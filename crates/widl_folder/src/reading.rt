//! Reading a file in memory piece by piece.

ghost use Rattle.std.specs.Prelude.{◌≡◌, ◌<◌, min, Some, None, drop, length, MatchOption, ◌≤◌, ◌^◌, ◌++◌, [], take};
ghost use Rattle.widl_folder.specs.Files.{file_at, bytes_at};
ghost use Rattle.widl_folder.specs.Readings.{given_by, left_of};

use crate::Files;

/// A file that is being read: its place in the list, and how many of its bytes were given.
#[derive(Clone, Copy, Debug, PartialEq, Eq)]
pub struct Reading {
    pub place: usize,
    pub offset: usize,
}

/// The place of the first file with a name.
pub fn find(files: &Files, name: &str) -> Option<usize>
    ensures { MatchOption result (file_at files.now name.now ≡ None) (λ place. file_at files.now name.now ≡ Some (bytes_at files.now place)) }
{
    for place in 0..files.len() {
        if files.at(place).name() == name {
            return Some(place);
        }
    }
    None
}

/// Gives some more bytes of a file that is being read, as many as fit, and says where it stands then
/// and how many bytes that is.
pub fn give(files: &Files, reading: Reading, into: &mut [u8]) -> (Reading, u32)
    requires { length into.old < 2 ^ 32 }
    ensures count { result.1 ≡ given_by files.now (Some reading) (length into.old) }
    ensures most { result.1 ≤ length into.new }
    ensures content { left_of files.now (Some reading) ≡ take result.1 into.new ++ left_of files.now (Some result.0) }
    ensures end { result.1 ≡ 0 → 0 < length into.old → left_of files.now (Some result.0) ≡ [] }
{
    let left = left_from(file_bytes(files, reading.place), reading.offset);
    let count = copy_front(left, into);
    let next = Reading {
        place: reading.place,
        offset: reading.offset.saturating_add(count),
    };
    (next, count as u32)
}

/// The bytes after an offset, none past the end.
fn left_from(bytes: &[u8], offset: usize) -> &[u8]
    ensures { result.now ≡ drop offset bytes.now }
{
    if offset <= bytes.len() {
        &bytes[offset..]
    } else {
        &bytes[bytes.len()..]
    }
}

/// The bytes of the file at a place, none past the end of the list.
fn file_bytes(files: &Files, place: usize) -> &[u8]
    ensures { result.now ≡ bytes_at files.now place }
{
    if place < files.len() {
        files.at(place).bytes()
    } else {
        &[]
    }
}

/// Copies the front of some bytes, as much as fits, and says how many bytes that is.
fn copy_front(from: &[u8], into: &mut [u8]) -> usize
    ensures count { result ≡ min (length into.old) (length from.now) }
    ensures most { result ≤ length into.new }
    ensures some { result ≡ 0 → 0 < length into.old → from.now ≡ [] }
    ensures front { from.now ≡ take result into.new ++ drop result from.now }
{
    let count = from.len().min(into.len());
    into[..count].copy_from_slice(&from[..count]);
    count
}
########################################
▸ **EXERCISE**: Set down exactly, and only, the lines from the one containing "of the list." to the final line of the data.

▸ **WRITTEN RESPONSE**:
/// The bytes of the file at a place, none past the end of the list.
fn file_bytes(files: &Files, place: usize) -> &[u8]
    ensures { result.now ≡ bytes_at files.now place }
{
    if place < files.len() {
        files.at(place).bytes()
    } else {
        &[]
    }
}

/// Copies the front of some bytes, as much as fits, and says how many bytes that is.
fn copy_front(from: &[u8], into: &mut [u8]) -> usize
    ensures count { result ≡ min (length into.old) (length from.now) }
    ensures most { result ≤ length into.new }
    ensures some { result ≡ 0 → 0 < length into.old → from.now ≡ [] }
    ensures front { from.now ≡ take result into.new ++ drop result from.now }
{
    let count = from.len().min(into.len());
    into[..count].copy_from_slice(&from[..count]);
    count
}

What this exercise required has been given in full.